While regulation is of great concern for doctor-operated products, for the consumer-oriented market, so long as a product makes no explicit promises about diagnosis or treatment, the FDA does not need to be involved. This apparently slight distinction has a host of consequences for the markets in question.
For one, it's much easier to bring a consumer-oriented product to market than a physician-oriented one. As an example, an application tracking a diabetic person's blood sugars need not go through the FDA so long as it remains separate from actual clinical practice. Unfortunately, this creates a disincentive for developers who might have otherwise built the application to inform both physicians and patients. At the same time, it has fostered explosive growth among consumer-operated applications -- in many cases providing patients with data their doctors couldn't collect even if they wanted to.
Another corollary of this regulatory distinction is an increasing cultural divide. On the West Coast, specifically the Bay Area, consumer-oriented developers hold hackathons, and focus groups, and seek funding from angels, VCs, or even the crowd. Many of the physician-oriented tools, by contrast, are emerging from the East Coast, where developers have more often partnered with government and industry, especially pharma (Johnson and Johnson) and insurance companies. Both markets hope to improve health outcomes, increase data points, and lower costs, but the consumer-oriented culture speaks also of empowerment and access.
The Quantified Self movement, born in the Bay but now a global phenomenon, supports this increasingly autonomous vision of health care through its meet-ups and conferences. At a meetup in San Francisco last week, members dazzled the group with at-home lab kits, mobile posture correctors, and other the-future-is-now inventions, seeking feedback and, in some cases, funding. In many cases, these young entrepeneurs had developed their products out of personal medical necessity -- life-threatening heart disease, say, or back problems.

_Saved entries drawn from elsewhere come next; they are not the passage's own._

/// Builds the package that the description at `path` specifies, into the file at `file`. The file
/// is unchanged if this fails.
///
/// # Errors
/// Why the description can't be read, or the first image file that can't; `Text` with `Limit`, at
/// the line after the last, if the header exceeds 65,535 bytes or the file 4,294,967,295; `Output`
/// if the file is the description or an image, or can't be written; `Memory`.
pub fn build_file<F: Files, W: Write + Drop, P: OutputPlaces<W>>(
    alloc: Global,
    files: &F,
    path: &str,
    file: &str,
    places: &mut P,
) -> Result<(), JobFault>
    ensures ok { OnOk result (Builds (F.holds files.now) path.now (P.is_known places.old) (P.held places.new file.now)) }
    ensures lasting { OnOk result (Builds (F.holds files.now) path.now (P.is_known places.old)
        (P.lasting places.new file.now)) }
    ensures kept { OnErr result (P.held places.new ≡ P.held places.old) }
    ensures stays { OnErr result (P.lasting places.new ≡ P.lasting places.old) }
    ensures apart { OnOk result (BuildsApart (F.holds files.now) path.now file.now) }
    ensures left { P.is_begun places.old ≡ false → P.is_begun places.new ≡ false }
    ensures fault { IfErr result (λ e. BuildEnds (F.holds files.now) path.now e) }
{
    let spec = match package_spec(alloc, files, path) {
        Ok(spec) => spec,
        Err(fault) => return Err(fault),
    };
    let images = match images(alloc, files, spec.components.as_slice()) {
        Ok(images) => images,
        Err(fault) => return Err(fault),
    };
    let mut header = Header::new();
    match header_of(alloc, path, &spec, images.as_slice(), &mut header) {
        Ok(()) => {}
        Err(fault) => return Err(fault),
    }
    if is_same_file(files, path, file) || is_over_image(files, file, spec.components.as_slice()) {
        return Err(JobFault::Output);
    }
    let mut beside = match places.begin(file) {
        Ok(beside) => beside,
        Err(fault) => return Err(fault),
    };
    match write_parts(&mut beside, header.as_slice(), images.as_slice()) {
        Ok(()) => places.publish(file, beside),
        Err(fault) => {
            places.discard(file);
            Err(fault)
        }
    }
}

/// Builds a package as `build_file` does, and then writes what its file holds: a line of JSON, with
/// the SHA-256 of each image.
///
/// # Errors
/// Those of `build_file`; and if the package is built, those of `digest_file`.
pub fn build_told<H: Parts>(
    alloc: Global,
    path: &str,
    file: &str,
    host: &mut Host<H>,
) -> Result<(), JobFault>
    ensures built { OnOk result (Builds (H.Files.holds host.old.files) path.now
        (H.Places.is_known host.old.places) (H.Places.held host.new.places file.now)) }
    ensures told { OnOk result (Inspects (H.Files.holds host.old.files file.now)
        (digested_in Form.Json) host.old.output host.new.output) }
    ensures fault { IfErr result (λ e. (BuildEnds (H.Files.holds host.old.files) path.now e
        × ((H.Places.held host.new.places ≡ H.Places.held host.old.places)
        × (host.new.output ≡ host.old.output)))
        ⊎ (Builds (H.Files.holds host.old.files) path.now
        (H.Places.is_known host.old.places) (H.Places.held host.new.places file.now)
        × InspectEnds (H.Files.holds host.old.files) file.now (digested_in Form.Json) e
        host.old.output host.new.output)) }
    ensures untouched { host.new.watch ≡ host.old.watch }
{
    match build_file(alloc, &host.files, path, file, &mut host.places) {
        Ok(()) => digest_file(alloc, &host.files, file, Form::Json, &mut host.output),
        Err(fault) => Err(fault),
    }
}
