impl Wires<MemLink> for MemWires {
    ghost lacks = { λ w folder device. true };

    fn open(&mut self, _unit: Unit, _folder: &str, device: u8) -> Result<MemLink, JobFault> {
        if device == self.closed {
            return Err(JobFault::Socket(device));
        }
        self.opened = self.opened.saturating_add(1);
        Ok(MemLink::new(self.alloc))
    }
}

/// A link whose device end is closed.
#[derive(Drop)]
struct CutWires {
    /// The stream that receives the packets of the agent's end.
    taken: UnixStream,
    link: Option<StreamLink<UnixStream>>,
}

impl CutWires {
    /// The link, to be opened once.
    fn new(rt: &HostRuntime) -> Result<CutWires, Fail> {
        let (agent, taken) = UnixStream::pair(rt)?;
        let (device, _) = UnixStream::pair(rt)?;
        Ok(CutWires {
            taken,
            link: Some(StreamLink::new(Unit::U64, agent, device)),
        })
    }
}

impl Wires<StreamLink<UnixStream>> for CutWires {
    ghost lacks = { λ w folder device. true };

    fn open(
        &mut self,
        _unit: Unit,
        _folder: &str,
        device: u8,
    ) -> Result<StreamLink<UnixStream>, JobFault> {
        match self.link.take() {
            Some(link) => Ok(link),
            None => Err(JobFault::Socket(device)),
        }
    }
}

/// An observer that counts turns and fails in the turn of this number if packets are traced. It can
/// open every file but the path "/".
#[derive(Drop)]
pub struct Counter {
    is_quiet: bool,
    traced: Option<TraceForm>,
    is_logged: bool,
    is_recorded: bool,
    has_history: bool,
    pub turns: usize,
    broken: usize,
    fault: Option<ObserverFault>,
    has_ended: bool,
    lost: Option<u8>,
}

impl Counter {
    /// Creates an observer that has seen nothing, and fails in turn `broken`.
    pub fn new(broken: usize) -> Counter {
        Counter {
            is_quiet: false,
            traced: None,
            is_logged: false,
            is_recorded: false,
            has_history: false,
            turns: 0,
            broken,
            fault: None,
            has_ended: false,
            lost: None,
        }
    }

    /// The result of a call.
    fn outcome(&self) -> Result<(), ObserverFault>
        ensures ok { OnOk result (self.now.fault ≡ None) }
        ensures err { IfErr result (λ e. self.now.fault ≡ Some e) }
        ensures first { IfSome self.now.fault (λ f. result ≡ Err f) }
    {
        match self.fault {
            Some(fault) => Err(fault),
            None => Ok(()),
        }
    }
}
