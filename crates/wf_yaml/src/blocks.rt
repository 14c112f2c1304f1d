// Block lists and block maps, in each other.
ghost use Rattle.std.specs.Prelude.{◌≡◌, ◌+◌, ◌-◌, ◌<◌, ◌≤◌, ◌++◌, ◌∷◌, [], ℕ, List, Result, IfOk, option_map};
ghost use Rattle.wf_value.specs.Maps.{with_value};
ghost use Rattle.wf_tree.specs.Trees as trees;
ghost use Rattle.wf_tree.specs.Plain.{plain_tree};
ghost use Rattle.wf_yaml_line.specs.declared.fault.Fault.{Fault};
ghost use Rattle.wf_yaml_line.specs.Fault.{noted, both};
ghost use Rattle.wf_yaml_line.specs.Keys.{key_of};
ghost use Rattle.wf_yaml_line.specs.Scalars as scalars;
ghost use Rattle.wf_yaml_line.specs.Marks.{is_one_of};
ghost use Rattle.wf_yaml_line.specs.Views.{ReadsAs, so_far, key_view, keys_of};
ghost use Rattle.wf_yaml.specs.Rows as lines;
ghost use Rattle.wf_yaml.specs.Blocks as blocks;
ghost use Rattle.wf_yaml.specs.Views.{see_all, see_head, see_pair};

use crate::cuts::{body_len, counting, head_of, misplaced};
use crate::deep::deep;
use crate::rows::{Head, Row};
use crate::scalars::scalar;
use crate::starts::{has_tab_block, is_item, is_pair, starts_scalar, starts_tab};
use std::alloc::Global;
use wf_tree::{PairsSoFar, Tree, TreeList};
use wf_value::{OutOfMemory, Text};
use wf_yaml_flow::one_line;
use wf_yaml_line::{
    Fault, Key, KeySet, Kind, YamlFault, behind_first, both_noted, ends_line, is_delay_key, least,
    noting, read_key, refuse_if, skip_blanks,
};

/// The node that begins at this head, with the lines behind it. The floor is the least indentation
/// inside the block around, the depth is that of a list or a map here, and `delay` tells that the
/// node is the value of a key that may have a decimal.
#[cycle(node)]
pub(crate) fn node(
    alloc: Global,
    floor: usize,
    depth: u32,
    delay: bool,
    head: Head<'_>,
    behind: &[Row],
) -> Result<Tree, YamlFault>
    requires { depth ≤ 101 }
    ensures { ReadsAs plain_tree result
        (blocks.node_at (blocks.inside (101 - depth)) floor depth delay
        (see_head head.entry ∷ see_all behind.now)) }
{
    if starts_tab(head.text) {
        return Err(YamlFault::Refused(Fault {
            line: head.number,
            kind: Kind::Tab,
        }));
    }
    if is_item(head.text) {
        return block_list(alloc, depth, head, behind);
    }
    let has_key = is_pair(alloc, head.text)?;
    if has_key {
        return block_map(alloc, depth, head, behind);
    }
    scalar(alloc, floor, depth, delay, head.number, head.text, behind)
}

#[cycle(node)]
fn block_map(alloc: Global, depth: u32, head: Head<'_>, behind: &[Row]) -> Result<Tree, YamlFault>
    requires { depth ≤ 101 }
    ensures { ReadsAs plain_tree result
        (blocks.block_map (blocks.inside (101 - depth)) depth (see_head head.entry)
        (see_all behind.now)) }
{
    let map = map_entries(alloc, depth, head, behind);
    noting(refuse_if(depth > 100, head.number, Kind::TooDeep), map)
}

#[cycle(node)]
fn map_entries<'a>(
    alloc: Global,
    depth: u32,
    first: Head<'a>,
    behind: &'a [Row],
) -> Result<Tree, YamlFault>
    requires { depth ≤ 101 }
    ensures { ReadsAs plain_tree result
        (blocks.map_of_entries (blocks.inside (101 - depth)) depth (see_head first.entry)
        (see_all behind.now)) }
{
    let mut pairs = PairsSoFar::new(alloc)?;
    let mut keys = KeySet::new(alloc)?;
    let mut found: Option<Fault> = None;
    let mut head = first;
    let mut rest = behind;
    'pairs: loop {
        let count = body_len(true, first.column, rest);
        let (body, next) = rest.split_at(count);
        let key = read_key(alloc, head.text)?;
        let entry = map_entry(alloc, first.column, depth, &keys, head, body, key.as_ref());
        found = add_pair(&mut pairs, found, entry)?;
        add_key(&mut keys, key)?;
        match next {
            [row, more @ ..] => {
                head = head_of(row);
                rest = more;
            }
            [] => break,
        }
    }
    match found {
        Some(fault) => Err(YamlFault::Refused(fault)),
        None => Ok(Tree::Map(pairs.into_map()?)),
    }
}

/// Adds the key of an entry, if it has one.
fn add_key(keys: &mut KeySet, key: Option<Key<'_>>) -> Result<(), OutOfMemory>
    ensures { IfOk result (λ _. (k : List ℕ)
        → is_one_of (keys_of keys.new) k
        ≡ is_one_of (blocks.with_key (option_map key_view key.entry) (keys_of keys.old)) k) }
{
    match key {
        Some(key) => keys.add(key.text),
        None => Ok(()),
    }
}

/// Adds a pair, or notes its fault.
fn add_pair(
    pairs: &mut PairsSoFar,
    found: Option<Fault>,
    entry: Result<(Text, Tree), YamlFault>,
) -> Result<Option<Fault>, OutOfMemory>
    ensures { (read : Result (List ℕ × trees.Tree) Fault) → ReadsAs see_pair entry read
        → IfOk result (λ f. so_far pairs.new f
        ≡ both (λ ps p. with_value p.0 p.1 ps) (so_far pairs.old found) read) }
{
    match entry {
        Ok((key, tree)) => {
            pairs.insert(key, tree)?;
            Ok(found)
        }
        Err(YamlFault::OutOfMemory) => Err(OutOfMemory),
        Err(YamlFault::Refused(fault)) => Ok(Some(least(found, fault))),
    }
}

/// An entry of a map with this indentation, of which the keys stand before.
#[cycle(node)]
fn map_entry(
    alloc: Global,
    indent: usize,
    depth: u32,
    keys: &KeySet,
    head: Head<'_>,
    body: &[Row],
    key: Option<&Key<'_>>,
) -> Result<(Text, Tree), YamlFault>
    requires deep { depth ≤ 101 }
    requires block { indent < 4294967296 }
    requires key { option_map (λ k. key_view k.now) key ≡ key_of head.text.now }
    ensures { ReadsAs see_pair result
        (blocks.map_entry (blocks.inside (101 - depth)) indent depth (keys_of keys.now)
        (see_head head.entry, see_all body.now)) }
{
    if starts_tab(head.text) || head.column != indent {
        return Err(YamlFault::Refused(misplaced(head.number, head.text)));
    }
    match key {
        Some(key) => {
            let fault = pair_faults(head.number, keys, key);
            let tree = pair_value(alloc, indent, depth, head.number, key, body);
            keyed(fault, key, tree)
        }
        None => stray(alloc, depth, head.number, head.text),
    }
}

/// A key with a fault by itself, or one that stands before.
fn pair_faults(number: u32, keys: &KeySet, key: &Key<'_>) -> Option<Fault>
    ensures { noted result ≡ blocks.pair_faults number (keys_of keys.now) (key_view key.now) }
{
    both_noted(
        key.refusal(number),
        refuse_if(keys.holds(key.text.as_str()), number, Kind::DoubleKey),
    )
}

/// The value of a pair in a map with this indentation.
#[cycle(node)]
fn pair_value(
    alloc: Global,
    indent: usize,
    depth: u32,
    number: u32,
    key: &Key<'_>,
    body: &[Row],
) -> Result<Tree, YamlFault>
    requires deep { depth ≤ 101 }
    requires block { indent < 4294967296 }
    ensures { ReadsAs plain_tree result
        (blocks.pair_value (blocks.inside (101 - depth)) indent depth
        (scalars.is_delay_key (key_view key.now).text) number (key_view key.now).rest
        (see_all body.now)) }
{
    let delay = is_delay_key(key.text.as_str());
    if ends_line(key.rest) {
        return block(alloc, indent, depth, delay, body);
    }
    let text = skip_blanks(key.rest);
    scalar(alloc, indent + 1, depth + 1, delay, number, text, body)
}

/// A value with its key, under what was noted.
fn keyed(
    fault: Option<Fault>,
    key: &Key<'_>,
    tree: Result<Tree, YamlFault>,
) -> Result<(Text, Tree), YamlFault>
    ensures { (read : Result trees.Tree Fault) → ReadsAs plain_tree tree read
        → ReadsAs see_pair result (both (λ _ t. ((key_view key.now).text, t)) (noted fault) read) }
{
    match noting(fault, tree) {
        Ok(tree) => Ok((key.text.copy()?, tree)),
        Err(fault) => Err(fault),
    }
}

/// A line at a map's indentation that is neither a pair nor an item.
fn stray(alloc: Global, depth: u32, number: u32, text: &[char]) -> Result<(Text, Tree), YamlFault>
    requires { depth ≤ 102 }
    ensures { ReadsAs see_pair result (blocks.stray depth number text.now) }
{
    let fault = Fault {
        line: number,
        kind: Kind::Unsupported,
    };
    if starts_scalar(text) {
        return Err(YamlFault::Refused(fault));
    }
    match one_line(alloc, false, number, depth, text) {
        Ok(_) => Err(YamlFault::Refused(fault)),
        Err(YamlFault::OutOfMemory) => Err(YamlFault::OutOfMemory),
        Err(YamlFault::Refused(f)) => Err(YamlFault::Refused(least(Some(f), fault))),
    }
}

#[cycle(node)]
fn block_list(alloc: Global, depth: u32, head: Head<'_>, behind: &[Row]) -> Result<Tree, YamlFault>
    requires { depth ≤ 101 }
    ensures { ReadsAs plain_tree result
        (blocks.block_list (blocks.inside (101 - depth)) depth (see_head head.entry)
        (see_all behind.now)) }
{
    let list = list_entries(alloc, depth, head, behind);
    noting(refuse_if(depth > 100, head.number, Kind::TooDeep), list)
}

#[cycle(node)]
fn list_entries<'a>(
    alloc: Global,
    depth: u32,
    first: Head<'a>,
    behind: &'a [Row],
) -> Result<Tree, YamlFault>
    requires { depth ≤ 101 }
    ensures { ReadsAs plain_tree result
        (blocks.list_of_entries (blocks.inside (101 - depth)) depth (see_head first.entry)
        (see_all behind.now)) }
{
    let mut items = TreeList::new(alloc)?;
    let mut found: Option<Fault> = None;
    let mut head = first;
    let mut rest = behind;
    'items: loop {
        let count = body_len(false, first.column, rest);
        let (body, next) = rest.split_at(count);
        let entry = list_entry(alloc, first.column, depth, head, body);
        found = add_item(&mut items, found, entry)?;
        match next {
            [row, more @ ..] => {
                head = head_of(row);
                rest = more;
            }
            [] => break,
        }
    }
    match found {
        Some(fault) => Err(YamlFault::Refused(fault)),
        None => Ok(Tree::List(items)),
    }
}

/// Adds an item, or notes its fault.
fn add_item(
    items: &mut TreeList,
    found: Option<Fault>,
    entry: Result<Tree, YamlFault>,
) -> Result<Option<Fault>, OutOfMemory>
    ensures { (read : Result trees.Tree Fault) → ReadsAs plain_tree entry read
        → IfOk result (λ f. so_far items.new f
        ≡ both (λ ts t. ts ++ t ∷ []) (so_far items.old found) read) }
{
    match entry {
        Ok(item) => {
            items.push(item)?;
            Ok(found)
        }
        Err(YamlFault::OutOfMemory) => Err(OutOfMemory),
        Err(YamlFault::Refused(fault)) => Ok(Some(least(found, fault))),
    }
}

/// An entry of a list with this indentation.
#[cycle(node)]
fn list_entry(
    alloc: Global,
    indent: usize,
    depth: u32,
    head: Head<'_>,
    body: &[Row],
) -> Result<Tree, YamlFault>
    requires deep { depth ≤ 101 }
    requires block { indent < 4294967296 }
    ensures { ReadsAs plain_tree result
        (blocks.list_entry (blocks.inside (101 - depth)) indent depth
        (see_head head.entry, see_all body.now)) }
{
    if starts_tab(head.text) || head.column != indent || !is_item(head.text) {
        return Err(YamlFault::Refused(misplaced(head.number, head.text)));
    }
    let rest = behind_first(head.text);
    if ends_line(rest) {
        return block(alloc, indent, depth, false, body);
    }
    let text = skip_blanks(rest);
    let is_refused = has_tab_block(alloc, rest, text)?;
    if is_refused {
        return Err(YamlFault::Refused(Fault {
            line: head.number,
            kind: Kind::Tab,
        }));
    }
    if depth > 100 {
        return deep(alloc, depth + 1, head.number, text);
    }
    let content = Head {
        number: head.number,
        column: indent + 1 + (rest.len() - text.len()),
        text,
    };
    node(alloc, indent + 1, depth + 1, false, content, body)
}

/// The block behind an item or a key of a block with this indentation.
#[cycle(node)]
fn block(
    alloc: Global,
    indent: usize,
    depth: u32,
    delay: bool,
    body: &[Row],
) -> Result<Tree, YamlFault>
    requires deep { depth ≤ 101 }
    requires block { indent < 4294967296 }
    ensures { ReadsAs plain_tree result
        (blocks.inside (101 - depth) (indent + 1) (depth + 1) delay
        (lines.counting (see_all body.now))) }
{
    match counting(body) {
        [] => Ok(Tree::Null),
        [row, behind @ ..] => if depth > 100 {
            deep(alloc, depth + 1, row.number, &row.text)
        } else {
            node(alloc, indent + 1, depth + 1, delay, head_of(row), behind)
        },
    }
}
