// What a line's content begins with.
ghost use Rattle.std.specs.Prelude.{◌≡◌, ◌==◌, ◌&&◌, ◌<◌, true, length, is_some, IfOk};
ghost use Rattle.wf_yaml_line.specs.Keys.{key_of};
ghost use Rattle.wf_yaml_line.specs.Marks as marks;
ghost use Rattle.wf_yaml.specs.Rows as lines;
ghost use Rattle.wf_yaml.specs.Starts as starts;

use std::alloc::Global;
use wf_value::OutOfMemory;
use wf_yaml_line::{ends_line, read_key};

/// Whether an item of a list begins: a `-` with a space or the line's end behind it.
pub(crate) fn is_item(s: &[char]) -> bool
    ensures value { result ≡ starts.is_item s.now }
    ensures some { result ≡ true → 0 < length s.now }
{
    match s {
        ['-', rest @ ..] => starts_space(rest) || ends_line(rest),
        _ => false,
    }
}

fn starts_space(s: &[char]) -> bool
    ensures { result ≡ marks.starts (λ b. b == marks.space) s.now }
{
    match s {
        [] => false,
        [c, ..] => *c == ' ',
    }
}

/// Whether a tab stands first.
pub(crate) fn starts_tab(s: &[char]) -> bool
    ensures { result ≡ lines.starts_tab s.now }
{
    match s {
        [] => false,
        [c, ..] => *c == '\t',
    }
}

/// Whether a block scalar begins.
pub(crate) fn starts_scalar(s: &[char]) -> bool
    ensures { result ≡ starts.starts_scalar s.now }
{
    match s {
        [] => false,
        [c, ..] => *c == '|' || *c == '>',
    }
}

/// Whether a pair of a map begins: a key with its `:`.
pub(crate) fn is_pair(alloc: Global, s: &[char]) -> Result<bool, OutOfMemory>
    ensures { IfOk result (λ b. b ≡ is_some (key_of s.now)) }
{
    Ok(read_key(alloc, s)?.is_some())
}

fn starts_block(alloc: Global, s: &[char]) -> Result<bool, OutOfMemory>
    ensures { IfOk result (λ b. b ≡ starts.starts_block s.now) }
{
    if is_item(s) {
        return Ok(true);
    }
    is_pair(alloc, s)
}

/// Whether a tab stands behind an item's `-` and before a list or a map on its line.
pub(crate) fn has_tab_block(
    alloc: Global,
    rest: &[char],
    content: &[char],
) -> Result<bool, OutOfMemory>
    ensures { IfOk result (λ b. b ≡
        (starts.has_tab_gap rest.now && starts.starts_block content.now)) }
{
    if has_tab_gap(rest) {
        return starts_block(alloc, content);
    }
    Ok(false)
}

/// Whether a tab stands among the blanks at the front.
fn has_tab_gap(s: &[char]) -> bool
    ensures { result ≡ starts.has_tab_gap s.now }
{
    for c in s {
        if *c == '\t' {
            return true;
        }
        if *c != ' ' {
            return false;
        }
    }
    false
}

Which strategy will prevail? Based on the pace, level of competition, and market-readiness of the consumer-oriented products, they have my vote. With any luck, these apps, and the host of other personalized digital technologies out there, will let consumers handle as many health problems as they can, safely, on their own, freeing overburdened physicians to devote their time to matters that really do require FDA regulation.
This promise of increased efficiency of services has attracted the attention of health ministers in impoverished countries, where medical care is far scarcer than cell service. "In developing countries," says Patricia Mechael, executive director of the mHealth alliance, "there is an average of one doctor to every 250,000 patients. Yet these same countries account for nearly 80% of all mobile subscriptions worldwide. With over 6.2 billion mobile subscriptions, we have a tremendous opportunity to...help improve and save millions of lives." With experts from Argentina, Taiwan, New Caledonia, Nigeria, Afghanistan, and Colombia, among others, in attendance in DC last week, Mechael spoke of increasing adoption of mobile health by ministries of health in the developing world. In 2012, she said, "mHealth has transitioned from a novel idea to a strategy for global health."